Climate and land use changes explain variation in the A horizon and soil thickness in the United States

• Published in: Communications earth & environment Vol. 5; no. 1; pp. 129 - 11
• Main Authors: Zhang, Yakun, Hartemink, Alfred E., Vanwalleghem, Tom, Bonfatti, Benito Roberto, Moen, Steven
• Format: Journal Article
• Language: English
• Published: London Nature Publishing Group 01.12.2024; Nature Portfolio
• Subjects: Anthropocene; Anthropogenic factors; Biogeochemical cycles; Climatic zones; Conservation; Conservation practices; Horizon; Land resources; Land use; Natural resources; Resource conservation; Soil analysis; Soil erosion; Soil formation; Soil moisture; Soil surveys; Soil temperature; Spatial distribution; Temporal variations; Thickness; Topsoil; United States > US
• ISSN: 2662-4435; 2662-4435
• DOI: 10.1038/s43247-024-01299-6

Abstract Understanding spatio-temporal changes in soil thickness and their natural and anthropogenic driving factors are essential for earth system modeling and natural resource conservation.
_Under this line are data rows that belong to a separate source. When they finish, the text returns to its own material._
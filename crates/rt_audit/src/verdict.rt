//! What a recorded log is judged to be.

/// What a recorded log is judged to be.
#[derive(Clone, Copy, Debug, PartialEq, Eq)]
pub enum Verdict {
    /// The runtime could have made it.
    Accepted,
    /// It is good up to an entry of one of its lists, and there it isn't. Lists and entries count
    /// from 0; where a list ends too early, the entry is the one that is wanting.
    Refused { report: u64, entry: u64 },
}
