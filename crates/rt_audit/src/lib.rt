//! A checker of recorded runs: whether the runtime could have made a log that somebody kept.
#![tactic(auto)]

mod comparing;
mod following;
mod judging;
mod laws;
mod verdict;

pub use judging::audit;
pub use laws::runs_are_accepted;
pub use verdict::Verdict;
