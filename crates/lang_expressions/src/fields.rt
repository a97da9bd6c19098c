//! What an object has at a key.
ghost use Rattle.std.specs.Prelude.{◌≡◌, option_map};
ghost use Rattle.serde_json.specs.View.{view, items_view};
ghost use Rattle.lang_expressions.specs.Fields.{text_at, list_at, list_or_empty, whole, whole_at, is_zero, is_zero_at};

use serde_json::Value;

/// The text at a key.
pub fn text_at<'a>(value: &'a Value, key: &str) -> Option<&'a str>
    ensures text { option_map (λ text. text.now) result ≡ text_at key.now (view value.now) }
{
    value.get(key).and_then(Value::as_str)
}

/// The list at a key.
pub fn list_at<'a>(value: &'a Value, key: &str) -> Option<&'a [Value]>
    ensures list { option_map (λ list. items_view list.now) result
        ≡ list_at key.now (view value.now) }
{
    match value.get(key) {
        None => None,
        Some(found) => match found.as_array() {
            Some(list) => Some(list.as_slice()),
            None => None,
        },
    }
}

/// The list at a key, empty where the object has no such key.
pub fn list_or_empty<'a>(value: &'a Value, key: &str) -> Option<&'a [Value]>
    ensures list { option_map (λ list. items_view list.now) result
        ≡ list_or_empty key.now (view value.now) }
{
    match value.get(key) {
        None => Some(&[]),
        Some(found) => match found.as_array() {
            Some(list) => Some(list.as_slice()),
            None => None,
        },
    }
}

/// The whole number of at least 0 that a value is. None above those of `i64` is one.
pub fn whole(value: &Value) -> Option<u64>
    ensures number { result ≡ whole (view value.now) }
{
    if value.as_i64().is_none() {
        return None;
    }
    value.as_u64()
}

/// The whole number of at least 0 at a key.
pub fn whole_at(value: &Value, key: &str) -> Option<u64>
    ensures number { result ≡ whole_at key.now (view value.now) }
{
    match value.get(key) {
        None => None,
        Some(found) => whole(found),
    }
}

/// Whether a value is the whole number 0.
pub fn is_zero(value: &Value) -> bool
    ensures zero { result ≡ is_zero (view value.now) }
{
    match value.as_u64() {
        Some(number) => number == 0,
        None => false,
    }
}

/// Whether the whole number 0 stands at a key.
pub fn is_zero_at(value: &Value, key: &str) -> bool
    ensures zero { result ≡ is_zero_at key.now (view value.now) }
{
    match value.get(key) {
        None => false,
        Some(found) => is_zero(found),
    }
}
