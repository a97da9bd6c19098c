//! View nodes from JSON.
ghost use Rattle.std.specs.Prelude.{◌≡◌, IfOk, option_map};
ghost use Rattle.serde_json.specs.View.{view, items_view};
ghost use Rattle.lang_expressions.specs.Lists.{read_each};
ghost use Rattle.lang_expressions.specs.Views.{node_of, formed, element_of, list_of, pick_of, view_at, boundary_of, boundary_with, fragment_of, views_of, view_in};

use crate::attributes::all_attributes;
use crate::calls::expression_at;
use crate::expressions::read_expression;
use crate::fields::{list_at, list_or_empty, text_at};
use crate::keys::is_object_of;
use crate::parts::{leaf_of, namespace_in, use_at, with_name};
use crate::signatures::Names;
use crate::view_forms::{Form, form_in};
use lang_syntax::{ViewNode, ViewSlot};
use rt_values::{List, OutOfMemory, Text, is_name};
use serde_json::Value;
use std::alloc::Global;

/// One level more than JSON nests, so that nothing is refused for its levels here.
const LEVELS: u8 = 128;

#[cycle(node)]
#[tactic(auto, using(crate::proofs::Levels::node_levels))]
fn node(
    alloc: Global,
    levels: u8,
    names: &Names,
    variables: &[Text],
    value: &Value,
) -> Result<Option<ViewNode>, OutOfMemory>
    ensures node { IfOk result (λ read. read
        ≡ node_of levels names.now variables.now (view value.now)) }
{
    if levels == 0 {
        return Ok(None);
    }
    if let Some(text) = value.as_str() {
        return Ok(Some(ViewNode::Text(Text::shared(alloc, text)?)));
    }
    let Some(form) = form_in(value) else {
        return Ok(None);
    };
    formed(alloc, levels - 1, names, variables, form, value)
}

#[cycle(node)]
fn formed(
    alloc: Global,
    levels: u8,
    names: &Names,
    variables: &[Text],
    form: Form,
    value: &Value,
) -> Result<Option<ViewNode>, OutOfMemory>
    ensures formed { IfOk result (λ read. read
        ≡ formed (views_of (node_of levels names.now)) names.now variables.now form
        (view value.now)) }
{
    match form {
        Form::Element => element(alloc, levels, names, variables, value),
        Form::List => {
            let slot = list(alloc, levels, names, variables, value)?;
            Ok(slot.map(ViewNode::Slot))
        }
        Form::Pick => {
            let slot = pick(alloc, levels, names, variables, value)?;
            Ok(slot.map(ViewNode::Slot))
        }
        Form::Fragment => {
            let slot = fragment(alloc, levels, names, variables, value)?;
            Ok(slot.map(ViewNode::Slot))
        }
        Form::Boundary => {
            let slot = boundary(alloc, levels, names, variables, value)?;
            Ok(slot.map(ViewNode::Slot))
        }
        Form::Alone(leaf) => {
            let slot = leaf_of(alloc, names, variables, leaf, value)?;
            Ok(slot.map(ViewNode::Slot))
        }
    }
}

#[cycle(node)]
fn element(
    alloc: Global,
    levels: u8,
    names: &Names,
    variables: &[Text],
    value: &Value,
) -> Result<Option<ViewNode>, OutOfMemory>
    ensures element { IfOk result (λ read. read
        ≡ element_of (views_of (node_of levels names.now)) names.now variables.now
        (view value.now)) }
{
    if !is_object_of(value, &["el", "ns", "attrs", "on", "kids"]) {
        return Ok(None);
    }
    let Some(tag) = text_at(value, "el") else {
        return Ok(None);
    };
    if !is_name(tag) {
        return Ok(None);
    }
    let Some(namespace) = namespace_in(alloc, value)? else {
        return Ok(None);
    };
    let Some(attributes) = all_attributes(alloc, names, variables, value)? else {
        return Ok(None);
    };
    let Some(values) = list_or_empty(value, "kids") else {
        return Ok(None);
    };
    let Some(kids) = nodes(alloc, levels, names, variables, values)? else {
        return Ok(None);
    };
    Ok(Some(ViewNode::Element {
        tag: Text::shared(alloc, tag)?,
        namespace,
        attributes,
        kids: List::from_vec(kids),
    }))
}

/// A list of items, each with its number in reach under a name.
#[cycle(node)]
fn list(
    alloc: Global,
    levels: u8,
    names: &Names,
    variables: &[Text],
    value: &Value,
) -> Result<Option<ViewSlot>, OutOfMemory>
    ensures list { IfOk result (λ read. read
        ≡ list_of (views_of (node_of levels names.now)) names.now variables.now
        (view value.now)) }
{
    if !is_object_of(value, &["list", "as", "item"]) {
        return Ok(None);
    }
    let Some(count) = expression_at(alloc, names, variables, value, "list")? else {
        return Ok(None);
    };
    let Some(name) = text_at(value, "as") else {
        return Ok(None);
    };
    let Some(values) = list_at(value, "item") else {
        return Ok(None);
    };
    let inner = with_name(alloc, variables, name)?;
    let Some(item) = nodes(alloc, levels, names, &inner, values)? else {
        return Ok(None);
    };
    Ok(Some(ViewSlot::ListOf {
        count,
        item: List::from_vec(item),
    }))
}

/// A list of just a test and two lists of view nodes.
#[cycle(node)]
fn pick(
    alloc: Global,
    levels: u8,
    names: &Names,
    variables: &[Text],
    value: &Value,
) -> Result<Option<ViewSlot>, OutOfMemory>
    ensures pick { IfOk result (λ read. read
        ≡ pick_of (views_of (node_of levels names.now)) names.now variables.now
        (view value.now)) }
{
    if !is_object_of(value, &["pick"]) {
        return Ok(None);
    }
    let Some(parts) = value.get("pick") else {
        return Ok(None);
    };
    if parts.get(3usize).is_some() {
        return Ok(None);
    }
    let Some(first) = parts.get(0usize) else {
        return Ok(None);
    };
    let Some(test) = read_expression(alloc, names, variables, first)? else {
        return Ok(None);
    };
    let Some(chosen) = tree_at(alloc, levels, names, variables, parts, 1)? else {
        return Ok(None);
    };
    let Some(other) = tree_at(alloc, levels, names, variables, parts, 2)? else {
        return Ok(None);
    };
    Ok(Some(ViewSlot::PickOf {
        test,
        chosen: List::from_vec(chosen),
        other: List::from_vec(other),
    }))
}

/// The view nodes at a place of a list.
#[cycle(node)]
fn tree_at(
    alloc: Global,
    levels: u8,
    names: &Names,
    variables: &[Text],
    parts: &Value,
    place: usize,
) -> Result<Option<Vec<ViewNode>>, OutOfMemory>
    ensures nodes { IfOk result (λ read. option_map (λ kept. kept.items) read
        ≡ view_at (views_of (node_of levels names.now)) variables.now place (view parts.now)) }
{
    let Some(values) = parts.get(place).and_then(Value::as_array) else {
        return Ok(None);
    };
    nodes(alloc, levels, names, variables, values)
}

#[cycle(node)]
fn fragment(
    alloc: Global,
    levels: u8,
    names: &Names,
    variables: &[Text],
    value: &Value,
) -> Result<Option<ViewSlot>, OutOfMemory>
    ensures fragment { IfOk result (λ read. read
        ≡ fragment_of (views_of (node_of levels names.now)) variables.now (view value.now)) }
{
    if !is_object_of(value, &["fragment"]) {
        return Ok(None);
    }
    let Some(values) = list_at(value, "fragment") else {
        return Ok(None);
    };
    let Some(children) = nodes(alloc, levels, names, variables, values)? else {
        return Ok(None);
    };
    Ok(Some(ViewSlot::FragmentOf(List::from_vec(children))))
}

#[cycle(node)]
fn boundary(
    alloc: Global,
    levels: u8,
    names: &Names,
    variables: &[Text],
    value: &Value,
) -> Result<Option<ViewSlot>, OutOfMemory>
    ensures boundary { IfOk result (λ read. read
        ≡ boundary_of (views_of (node_of levels names.now)) names.now variables.now
        (view value.now)) }
{
    let Some(word) = text_at(value, "boundary") else {
        return Ok(None);
    };
    let Some(values) = list_at(value, "kids") else {
        return Ok(None);
    };
    let Some(kids) = nodes(alloc, levels, names, variables, values)? else {
        return Ok(None);
    };
    boundary_with(alloc, names, variables, word, List::from_vec(kids), value)
}

/// A boundary round kids that are read already.
fn boundary_with(
    alloc: Global,
    names: &Names,
    variables: &[Text],
    word: &str,
    kids: List<ViewNode>,
    value: &Value,
) -> Result<Option<ViewSlot>, OutOfMemory>
    ensures boundary { IfOk result (λ read. read
        ≡ boundary_with names.now variables.now word.now (view value.now) kids) }
{
    if word == "error" && is_object_of(value, &["boundary", "kids", "handler"]) {
        return match use_at(alloc, names, variables, value, "handler")? {
            Some(handler) => Ok(Some(ViewSlot::ErrorBoundaryOf { kids, handler })),
            None => Ok(None),
        };
    }
    if word == "suspense" && is_object_of(value, &["boundary", "kids", "fallback"]) {
        return match use_at(alloc, names, variables, value, "fallback")? {
            Some(fallback) => Ok(Some(ViewSlot::SuspenseBoundaryOf { kids, fallback })),
            None => Ok(None),
        };
    }
    Ok(None)
}

#[cycle(node)]
fn nodes(
    alloc: Global,
    levels: u8,
    names: &Names,
    variables: &[Text],
    values: &[Value],
) -> Result<Option<Vec<ViewNode>>, OutOfMemory>
    ensures nodes { IfOk result (λ read. option_map (λ kept. kept.items) read
        ≡ views_of (node_of levels names.now) variables.now (items_view values.now)) }
{
    let mut read = Vec::new(alloc);
    for value in values {
        let Some(one) = node(alloc, levels, names, variables, value)? else {
            return Ok(None);
        };
        read.push(one)?;
    }
    Ok(Some(read))
}

/// The view that a list of values is, with these variables in reach.
pub fn read_view(
    alloc: Global,
    names: &Names,
    variables: &[Text],
    values: &[Value],
) -> Result<Option<Vec<ViewNode>>, OutOfMemory>
    ensures nodes { IfOk result (λ read. option_map (λ kept. kept.items) read
        ≡ view_in names.now variables.now (items_view values.now)) }
{
    nodes(alloc, LEVELS, names, variables, values)
}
It remains challenging to accurately quantify the spatial pattern of soil thickness, and there is no assessment of its temporal changes at the national scale across eco-climatic zones. Here we compiled a long-term (1950–2018), large-scale (conterminous United States of America) topsoil (A horizon, n  = 37,712) and solum (22,409) thickness data to quantify their spatial and temporal variations using generalized additive models and selected chronosequences in land resource regions. Climate was found associated with the spatial distribution of soil thickness, and land use and erosion associated with its temporal variation. The A horizon and solum thickness displayed strong longitudinal patterns, correlated with soil moisture and temperature, respectively. Temporal changes in the thickness varied across land resource regions, affected by topography, land use, and erosion. Severe A horizon loss primarily occurred in Mollisols of the Central Great Plains, Alfisols on steep slopes, and soils under cropping. These findings enhanced our fundamental understanding of soil formation and biogeochemical cycles during the Anthropocene across scales and identified regions for conservation practices to reduce further topsoil loss.